Winter became an indoors summer for me. I went outside when I wanted to go outside. I stayed inside when I wanted to stay inside. I truly was the queen of my castle. I slept on the bed with the electric blanket that someone always left turned on for me. Such luxury I could not have imagined. The heated cat house paled by comparison.

Still there remain days when I feel the need for brisk cold air, to be one with the elements and to wander through my now snowy garden places, knowing I can always return to my little heated cat house until the kitchen door opens wide for me again. That is, until recently.

On a particularly cold morning, I did my usual pacing and whining at the kitchen door, and they let me out. It was snowing very hard and after a brief detour to the garage and the wilder regions beyond, I cut my adventure short and made a hasty retreat to the porch and my little house to warm up and watch the snowflakes fall in warm comfort. Imagine my surprise, then, as I entered my house to see staring back at me those same red, beady eyes of none other than the possum.

As I said before, the possum is a friendly, non-confrontational creature, so he didn't snarl or state in any way that my house was now his territory. But he did seem to be saying that it was now his house, too. This he said by not moving an inch or blinking an eye. I discovered then, that I am selfish and I do not like to share.
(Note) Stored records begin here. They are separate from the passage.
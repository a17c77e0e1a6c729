//! Lines of a script, and what each says.

ghost use Rattle.std.specs.Prelude.{◌≡◌, option_map, IfOk, IfSome};
ghost use Rattle.std.specs.Option.{option_copied};
ghost use Rattle.ep_script.specs.Line.{line_of, line_with, read_as, is_blank, Gives};
ghost use Rattle.ep_script.specs.Seen.{seen, whole, AreTexts};

use crate::edits::{read_delete, read_format, read_insert};
use crate::forms::{
    alone, read_attr, read_crash, read_create, read_edit, read_inject, read_marks, read_named,
    read_revision, read_set,
};
use crate::words::{behind, cut_word};
use ep_event::Event;
use ep_units::{NoMemory, Units};
use std::alloc::Global;
use std::str;
use thiserror::Error;

/// What a line of a script says.
#[derive(Drop)]
pub enum Line {
    /// Nothing: it is empty, or a comment.
    Blank,
    /// What happens, as it stands.
    Event(Event),
    /// A guest sends this text, which is a changeset with the script's pool.
    Inject { name: Units, base: u64, text: Units },
    /// Puts a pair into the script's pool.
    Attr { key: Units, value: Units },
    /// Shows what a client sees.
    Show { name: Units },
    /// Shows the head.
    Head,
    /// Shows a revision.
    Text { rev: u64 },
    /// Shows the attributes of the head.
    Marks,
    /// Shows the attributes of what a client sees.
    ViewMarks { name: Units },
}

/// Why bytes are no line.
#[derive(Clone, Copy, Debug, Error, PartialEq, Eq)]
pub enum LineBad {
    #[error("not UTF-8")]
    Utf8,
    #[error("no line of the grammar")]
    Syntax,
    #[error("out of memory")]
    NoMemory,
}

impl From<NoMemory> for LineBad {
    ghost use Rattle.std.specs.Prelude.{◌≡◌};
    ghost use Rattle.ep_script.specs.declared.line.LineBad.TheVariants.{NoMemory};

    ghost from_gives = { λ _ e. e ≡ NoMemory };

    fn from(_error: NoMemory) -> LineBad {
        LineBad::NoMemory
    }
}

/// What the bytes of a line say, without what ends it.
pub fn read_line(alloc: Global, bytes: &[u8]) -> Result<Line, LineBad>
    ensures line { Gives seen result (line_of bytes.now) }
    ensures texts { IfOk result AreTexts }
{
    match str::from_utf8(bytes) {
        Ok(text) => read_text_line(alloc, text),
        Err(_) => Err(LineBad::Utf8),
    }
}

fn read_text_line(alloc: Global, text: &str) -> Result<Line, LineBad>
    ensures line { Gives seen result (read_as (whole Line.Blank) line_with text.now) }
    ensures texts { IfOk result AreTexts }
{
    if is_blank(text) {
        return Ok(Line::Blank);
    }
    let (word, rest) = cut_word(text);
    read_words(alloc, word, rest)?.ok_or(LineBad::Syntax)
}

/// Whether a line says nothing.
pub(crate) fn is_blank(text: &str) -> bool
    ensures { result ≡ is_blank text.now }
{
    text.is_empty() || text.starts_with('#')
}

fn read_words(alloc: Global, word: &str, rest: Option<&str>) -> Result<Option<Line>, NoMemory>
    ensures line { IfOk result (λ o. option_map seen o ≡ line_with word.now (option_copied rest.entry)) }
    ensures texts { IfOk result (λ o. IfSome o AreTexts) }
{
    match word {
        "create" => read_create(alloc, rest),
        "set" => read_set(alloc, rest),
        "drop" => Ok(alone(Line::Event(Event::Delete), rest)),
        "insert" => read_edit(alloc, rest, read_insert(alloc, behind(rest))?),
        "delete" => read_edit(alloc, rest, read_delete(behind(rest))),
        "format" => read_edit(alloc, rest, read_format(alloc, behind(rest))?),
        "attr" => read_attr(alloc, rest),
        "inject" => read_inject(alloc, rest),
        "crash" => read_crash(alloc, rest),
        "head" => Ok(alone(Line::Head, rest)),
        "text" => Ok(read_revision(rest)),
        "marks" => read_marks(alloc, rest),
        _ => read_named(alloc, word, rest),
    }
}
It's been weeks now, and the possum is still in my house. He is still eating every day out of my outside food bowl. He still rolls around and makes himself comfortable on my pink butterfly print fleecy blanket. You know the old adage: "While the cat's away, the possum moves in," and it bothers me.

And so I sit on my electric blanket on the big bed upstairs. I eat as much as I want and even beg for special treats which I always get. I amuse myself from my box of cat toys. I drink out of the faucets and sleep in the bathroom sink.

But it's just not enough. I am counting the days til the snow melts, the grass grows, another glorious garden appears out of no where for me to wander through on lazy afternoons, and life returns to another magical summertime so I can once again be queen of the jungle on Campbell Street, and, just maybe, convince that possum to go away.